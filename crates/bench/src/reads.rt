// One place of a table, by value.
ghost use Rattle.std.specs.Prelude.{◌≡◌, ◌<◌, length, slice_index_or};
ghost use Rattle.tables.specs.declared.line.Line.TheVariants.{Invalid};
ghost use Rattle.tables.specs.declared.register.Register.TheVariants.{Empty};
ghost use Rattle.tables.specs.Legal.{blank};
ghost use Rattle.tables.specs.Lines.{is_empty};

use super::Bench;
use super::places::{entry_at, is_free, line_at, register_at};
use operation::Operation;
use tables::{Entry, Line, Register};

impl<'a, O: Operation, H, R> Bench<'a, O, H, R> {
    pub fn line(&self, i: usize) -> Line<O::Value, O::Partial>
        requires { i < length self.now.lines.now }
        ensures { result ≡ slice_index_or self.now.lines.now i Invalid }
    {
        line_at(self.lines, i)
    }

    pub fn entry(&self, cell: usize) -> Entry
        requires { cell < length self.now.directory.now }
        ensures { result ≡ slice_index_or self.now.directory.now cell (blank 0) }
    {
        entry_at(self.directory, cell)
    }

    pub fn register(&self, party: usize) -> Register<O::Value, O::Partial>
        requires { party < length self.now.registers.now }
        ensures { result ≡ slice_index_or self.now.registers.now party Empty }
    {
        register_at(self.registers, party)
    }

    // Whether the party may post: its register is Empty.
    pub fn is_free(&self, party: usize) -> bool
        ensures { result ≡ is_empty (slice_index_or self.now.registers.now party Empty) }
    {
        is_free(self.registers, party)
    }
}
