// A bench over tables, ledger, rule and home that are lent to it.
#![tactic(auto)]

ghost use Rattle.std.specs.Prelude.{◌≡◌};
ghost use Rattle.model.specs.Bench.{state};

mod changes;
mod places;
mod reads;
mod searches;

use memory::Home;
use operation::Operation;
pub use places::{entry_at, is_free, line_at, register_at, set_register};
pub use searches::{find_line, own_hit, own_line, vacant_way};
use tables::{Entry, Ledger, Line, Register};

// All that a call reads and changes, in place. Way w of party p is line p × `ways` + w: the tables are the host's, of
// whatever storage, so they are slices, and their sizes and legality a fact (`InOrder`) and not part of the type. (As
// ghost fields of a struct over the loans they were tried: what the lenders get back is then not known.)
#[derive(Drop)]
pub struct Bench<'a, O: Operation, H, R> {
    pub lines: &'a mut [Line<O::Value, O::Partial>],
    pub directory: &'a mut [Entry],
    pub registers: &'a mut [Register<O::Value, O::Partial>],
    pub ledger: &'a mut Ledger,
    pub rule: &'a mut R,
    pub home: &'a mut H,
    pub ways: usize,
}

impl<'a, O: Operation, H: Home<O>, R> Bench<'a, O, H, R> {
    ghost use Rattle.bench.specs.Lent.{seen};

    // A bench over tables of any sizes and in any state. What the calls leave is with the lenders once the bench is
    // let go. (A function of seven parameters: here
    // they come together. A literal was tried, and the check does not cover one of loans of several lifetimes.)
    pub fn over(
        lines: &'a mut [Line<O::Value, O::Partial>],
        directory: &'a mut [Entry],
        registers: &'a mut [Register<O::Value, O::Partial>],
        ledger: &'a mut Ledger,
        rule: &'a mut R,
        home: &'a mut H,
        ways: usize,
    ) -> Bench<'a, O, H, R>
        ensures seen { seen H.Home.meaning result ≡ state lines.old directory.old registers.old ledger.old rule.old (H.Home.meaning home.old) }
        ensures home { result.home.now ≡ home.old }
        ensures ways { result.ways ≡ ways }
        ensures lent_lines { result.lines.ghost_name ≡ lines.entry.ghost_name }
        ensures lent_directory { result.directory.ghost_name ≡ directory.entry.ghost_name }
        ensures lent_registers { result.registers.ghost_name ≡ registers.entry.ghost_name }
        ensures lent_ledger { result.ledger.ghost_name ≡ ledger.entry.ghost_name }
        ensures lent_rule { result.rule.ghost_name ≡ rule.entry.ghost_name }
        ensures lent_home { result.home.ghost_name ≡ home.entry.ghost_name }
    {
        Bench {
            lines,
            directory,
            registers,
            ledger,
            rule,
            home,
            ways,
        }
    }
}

---

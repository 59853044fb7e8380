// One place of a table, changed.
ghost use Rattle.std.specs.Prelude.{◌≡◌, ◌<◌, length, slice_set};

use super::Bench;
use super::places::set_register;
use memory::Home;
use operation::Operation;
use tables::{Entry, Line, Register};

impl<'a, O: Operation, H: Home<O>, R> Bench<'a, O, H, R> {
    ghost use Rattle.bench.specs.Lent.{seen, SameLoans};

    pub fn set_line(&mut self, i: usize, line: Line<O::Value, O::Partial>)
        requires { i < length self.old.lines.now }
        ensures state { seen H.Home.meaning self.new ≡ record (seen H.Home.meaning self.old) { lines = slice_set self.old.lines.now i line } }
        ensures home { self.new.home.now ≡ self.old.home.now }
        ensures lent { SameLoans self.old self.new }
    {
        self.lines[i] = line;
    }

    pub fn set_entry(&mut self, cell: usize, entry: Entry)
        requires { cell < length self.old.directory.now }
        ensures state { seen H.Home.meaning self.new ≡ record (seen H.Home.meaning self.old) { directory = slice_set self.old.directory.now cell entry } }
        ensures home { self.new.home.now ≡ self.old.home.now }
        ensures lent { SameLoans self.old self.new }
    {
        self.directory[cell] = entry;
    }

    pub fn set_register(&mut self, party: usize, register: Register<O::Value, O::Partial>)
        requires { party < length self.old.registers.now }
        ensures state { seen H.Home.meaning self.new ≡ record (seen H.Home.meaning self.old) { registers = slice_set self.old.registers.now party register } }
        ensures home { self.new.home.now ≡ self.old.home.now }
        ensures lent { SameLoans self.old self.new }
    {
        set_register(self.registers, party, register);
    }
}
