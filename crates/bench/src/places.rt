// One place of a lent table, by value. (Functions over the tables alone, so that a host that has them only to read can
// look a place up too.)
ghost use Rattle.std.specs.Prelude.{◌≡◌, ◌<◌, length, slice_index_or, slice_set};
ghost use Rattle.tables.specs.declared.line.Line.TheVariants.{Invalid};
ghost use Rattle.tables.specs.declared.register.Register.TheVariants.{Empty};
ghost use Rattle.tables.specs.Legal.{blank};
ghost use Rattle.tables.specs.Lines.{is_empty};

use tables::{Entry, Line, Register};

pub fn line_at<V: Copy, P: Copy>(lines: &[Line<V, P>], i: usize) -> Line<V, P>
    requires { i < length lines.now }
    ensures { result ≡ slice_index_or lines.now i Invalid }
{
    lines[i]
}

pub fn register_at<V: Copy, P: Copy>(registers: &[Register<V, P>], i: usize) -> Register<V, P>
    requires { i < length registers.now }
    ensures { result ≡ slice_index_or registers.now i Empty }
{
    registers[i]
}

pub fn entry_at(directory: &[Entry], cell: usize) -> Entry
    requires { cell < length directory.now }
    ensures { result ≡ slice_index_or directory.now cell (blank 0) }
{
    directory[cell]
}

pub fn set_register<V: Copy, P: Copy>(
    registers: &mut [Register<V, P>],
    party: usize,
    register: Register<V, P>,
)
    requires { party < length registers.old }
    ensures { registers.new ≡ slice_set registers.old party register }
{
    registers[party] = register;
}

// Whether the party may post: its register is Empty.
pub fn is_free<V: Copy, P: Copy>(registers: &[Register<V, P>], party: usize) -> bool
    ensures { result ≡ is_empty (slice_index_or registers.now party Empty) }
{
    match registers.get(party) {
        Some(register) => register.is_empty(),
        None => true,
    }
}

— Task goal —
Lines with "ways" in the records above: copy every one of them.

— Exercise result —
// All that a call reads and changes, in place. Way w of party p is line p × `ways` + w: the tables are the host's, of
    pub ways: usize,
        ways: usize,
        ensures ways { result.ways ≡ ways }
            ways,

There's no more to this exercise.